**What to work on:** When you find the line with "capacity_ok(2 * least, self.secondary)" among the records below, reproduce it and each line after it exactly, ending with the line with "the default coefficients.".

**Stored data:**
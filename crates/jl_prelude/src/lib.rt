//! The prelude of an object: the leading members that are kept until its contexts are decided.
#![tactic(auto)]

mod classes;
mod members;
mod preludes;
mod states;
#[cfg(test)]
mod tests;

pub use classes::{Class, Classes, class_of_keyword};
pub use members::{PreludeMember, PreludeMembers};
pub use preludes::Prelude;
pub use states::PreludeState;
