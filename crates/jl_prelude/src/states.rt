//! What a prelude keeps.
ghost use Rattle.std.specs.Prelude.{IsTrue, ◌↔◌};
ghost use Rattle.jl_prelude.specs.Preludes.{IsFormed};

use super::members::PreludeMembers;
use jl_model::Order;

/// All that a prelude keeps.
#[derive(Debug, Drop)]
pub struct PreludeState {
    pub order: Order,
    /// The members so far, in their order.
    pub members: PreludeMembers,
    /// The bytes of their keys and values, with eight for each member, up to 2^64 - 1.
    pub weight: u64,
}

impl PreludeState {
    /// Whether the weight is that of the members, as a prelude keeps it.
    pub(crate) fn is_formed(&self) -> bool
        ensures { IsTrue result ↔ IsFormed self.now }
    {
        self.weight == self.members.weight()
    }
}
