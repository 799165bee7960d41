// The settings of a station: their ranges, their defaults, and their words of 4 bytes. Each is a number, so that settings and words are
// the same thing twice, and whether they are in range is asked of the numbers.
#![tactic(auto)]

ghost use Rattle.std.specs.Prelude.{◌≡◌, ◌+◌, ◌*◌, ◌≤◌, length};
ghost use Rattle.decide.specs.Test.{test};
ghost use Rattle.settings.specs.Range.{limits_of, bucket_ok, shapers_ok, capacity_ok, queues_ok, age_ok, coef_ok, fairness_ok, site_ok, settings_ok};
ghost use Rattle.settings.specs.Range.{usual_of, address_of, aggressive};
ghost use Rattle.settings.specs.Words.{settings_length, settings_at};

use shaper::Limits;

mod places;

// The settings of one shaper: loLimit, hiLimit, and the amount per tick.
#[derive(Clone, Copy)]
pub struct Bucket {
    pub lo: u32,
    pub hi: u32,
    pub amount: u32,
}

// The settings of the five shapers: M (control), A, B, C, D (downstream).
#[derive(Clone, Copy)]
pub struct Shapers {
    pub m: Bucket,
    pub a: Bucket,
    pub b: Bucket,
    pub c: Bucket,
    pub d: Bucket,
}

// The capacities of the three queues in bytes, and the secondary's low threshold.
#[derive(Clone, Copy)]
pub struct Queues {
    pub control: u32,
    pub primary: u32,
    pub secondary: u32,
    pub threshold: u32,
}

// The settings of the fairness rules: weight, rate unit, ticks per interval, unreservedRate, ageCoef, lpCoef, rampUp.
#[derive(Clone, Copy)]
pub struct Fairness {
    pub weight: u32,
    pub unit: u32,
    pub ticks: u32,
    pub unreserved: u32,
    pub age: u32,
    pub lp: u32,
    pub ramp: u32,
}

// The settings whose words stand behind those of all other parts: the number of stations on the ring, the method of adjusting localFairRate (0 aggressive,
// 1 conservative), a fairness round trip in intervals, rampDn. The method is a number and no enum: a lent word may hold another, and `in_range` has to see it.
#[derive(Clone, Copy)]
pub struct Site {
    pub stations: u32,
    pub method: u32,
    pub trip: u32,
    pub down: u32,
}

// An address of 48 bits: its high 16 and its low 32.
#[derive(Clone, Copy)]
pub struct Address {
    pub high: u32,
    pub low: u32,
}

// All settings of a station: own address, own ringlet, mtu, and the settings of its parts.
#[derive(Clone, Copy)]
pub struct Settings {
    pub address: Address,
    pub ringlet: u32,
    pub mtu: u32,
    pub shapers: Shapers,
    pub queues: Queues,
    pub fairness: Fairness,
    pub site: Site,
}

impl Settings {
    pub const MAX_RINGLET: u32 = 1;

    // Whether each setting is in its range. A setting that is out of range ends the test: tests that are left early are quicker than all of them joined.
    pub fn in_range(self) -> bool
        ensures { result ≡ test (settings_ok self) }
    {
        let mtu = self.mtu;
        if Address::MAX_HIGH < self.address.high {
            return false;
        }
        if Settings::MAX_RINGLET < self.ringlet {
            return false;
        }
        if mtu < Limits::MIN_MTU {
            return false;
        }
        if Limits::MAX_MTU < mtu {
            return false;
        }
        if !self.shapers.in_range(mtu) {
            return false;
        }
        if !self.queues.in_range(mtu) {
            return false;
        }
        self.fairness.in_range() & self.site.in_range()
    }
}

impl Address {
    pub const MAX_HIGH: u32 = 65535;

    // The address as one number.
    pub fn number(self) -> u64
        ensures { result ≡ address_of self }
    {
        self.high as u64 * 4294967296 + self.low as u64
    }
}

impl Bucket {
    pub const MAX_AMOUNT: u32 = 65535;

    // Whether a shaper's limits, at this mtu, and its amount per tick are in range.
    pub fn in_range(self, mtu: u32) -> bool
        ensures { result ≡ test (bucket_ok mtu self) }
    {
        self.limits(mtu).in_range() & (self.amount <= Bucket::MAX_AMOUNT)
    }

    // What bounds the shaper's credit.
    pub fn limits(self, mtu: u32) -> Limits
        ensures { result ≡ limits_of mtu self }
    {
        Limits {
            mtu,
            lo: self.lo,
            hi: self.hi,
        }
    }
}

impl Shapers {
    // Whether the settings of each shaper are in range at this mtu. One that is out of range ends the test, as in `Settings::in_range`.
    pub fn in_range(self, mtu: u32) -> bool
        ensures { result ≡ test (shapers_ok mtu self) }
    {
        if !self.m.in_range(mtu) {
            return false;
        }
        if !self.a.in_range(mtu) {
            return false;
        }
        if !self.b.in_range(mtu) {
            return false;
        }
        if !self.c.in_range(mtu) {
            return false;
        }
        self.d.in_range(mtu)
    }
}

impl Queues {
    pub const MAX_CAPACITY: u32 = 1048576;

    // Whether each capacity is in range at this mtu, and the low threshold at most the secondary's capacity.
    pub fn in_range(self, mtu: u32) -> bool
        ensures { result ≡ test (queues_ok mtu self) }
    {
        let least = mtu as u64;
        capacity_ok(least, self.primary)
            & capacity_ok(least, self.control)
            & capacity_ok(2 * least, self.secondary)
            & (self.threshold <= self.secondary)
    }
}

impl Fairness {
    pub const MAX_WEIGHT: u32 = 255;

    pub const MAX_UNIT: u32 = 1024;

    pub const MAX_TICKS: u32 = 10000;

    pub const MAX_UNRESERVED: u32 = 2147483647;

    pub const DEFAULT_AGE: u32 = 4;

    pub const DEFAULT_LP: u32 = 64;

    pub const DEFAULT_RAMP: u32 = 64;

    // The fairness settings with the default coefficients.
    pub fn usual(weight: u32, unit: u32, ticks: u32, unreserved: u32) -> Fairness
        ensures { result ≡ usual_of weight unit ticks unreserved }
    {
        Fairness {
            weight,
            unit,
            ticks,
            unreserved,
            age: Fairness::DEFAULT_AGE,
            lp: Fairness::DEFAULT_LP,
            ramp: Fairness::DEFAULT_RAMP,
        }
    }

    // Whether each fairness setting is in its range.
    pub fn in_range(self) -> bool
        ensures { result ≡ test (fairness_ok self) }
    {
        (1 <= self.weight)
            & (self.weight <= Fairness::MAX_WEIGHT)
            & (1 <= self.unit)
            & (self.unit <= Fairness::MAX_UNIT)
            & (1 <= self.ticks)
            & (self.ticks <= Fairness::MAX_TICKS)
            & (1 <= self.unreserved)
            & (self.unreserved <= Fairness::MAX_UNRESERVED)
            & age_ok(self.age)
            & coef_ok(self.lp)
            & coef_ok(self.ramp)
    }
}

impl Site {
    pub const MIN_STATIONS: u32 = 2;

    pub const MAX_STATIONS: u32 = 63;

    pub const AGGRESSIVE: u32 = 0;

    pub const CONSERVATIVE: u32 = 1;

    pub const MAX_TRIP: u32 = 1000;

    // Whether each setting of the site is in its range.
    fn in_range(self) -> bool
        ensures { result ≡ test (site_ok self) }
    {
        (Site::MIN_STATIONS <= self.stations)
            & (self.stations <= Site::MAX_STATIONS)
            & (self.method <= Site::CONSERVATIVE)
            & (1 <= self.trip)
            & (self.trip <= Site::MAX_TRIP)
            & coef_ok(self.down)
    }

    // Whether the aggressive method is chosen.
    pub fn is_aggressive(self) -> bool
        ensures { result ≡ test (aggressive self) }
    {
        self.method == Site::AGGRESSIVE
    }
}

// Whether the settings whose words stand in `s` from `at` on are each in their range. What is read is tested here and not handed on, which is quicker.
pub fn in_range_at(s: &[u8], at: usize) -> bool
    requires { at + settings_length ≤ length s.now }
    ensures { result ≡ test (settings_ok (settings_at s.now at)) }
{
    Settings::read(s, at).in_range()
}

// Whether a queue's capacity lies from `least` to the largest.
fn capacity_ok(least: u64, capacity: u32) -> bool
    ensures { result ≡ test (capacity_ok least capacity) }
{
    (least <= capacity as u64) & (capacity <= Queues::MAX_CAPACITY)
}

// Whether an ageCoef is one of its five values.
fn age_ok(x: u32) -> bool
    ensures { result ≡ test (age_ok x) }
{
    (x == 1) | (x == 2) | (x == 4) | (x == 8) | (x == 16)
}

// Whether an lpCoef, a rampUp or a rampDn is one of its six values.
fn coef_ok(x: u32) -> bool
    ensures { result ≡ test (coef_ok x) }
{
    (x == 16) | (x == 32) | (x == 64) | (x == 128) | (x == 256) | (x == 512)
}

**Solved exercise:**
            & capacity_ok(2 * least, self.secondary)
            & (self.threshold <= self.secondary)
    }
}

impl Fairness {
    pub const MAX_WEIGHT: u32 = 255;

    pub const MAX_UNIT: u32 = 1024;

    pub const MAX_TICKS: u32 = 10000;

    pub const MAX_UNRESERVED: u32 = 2147483647;

    pub const DEFAULT_AGE: u32 = 4;

    pub const DEFAULT_LP: u32 = 64;

    pub const DEFAULT_RAMP: u32 = 64;

    // The fairness settings with the default coefficients.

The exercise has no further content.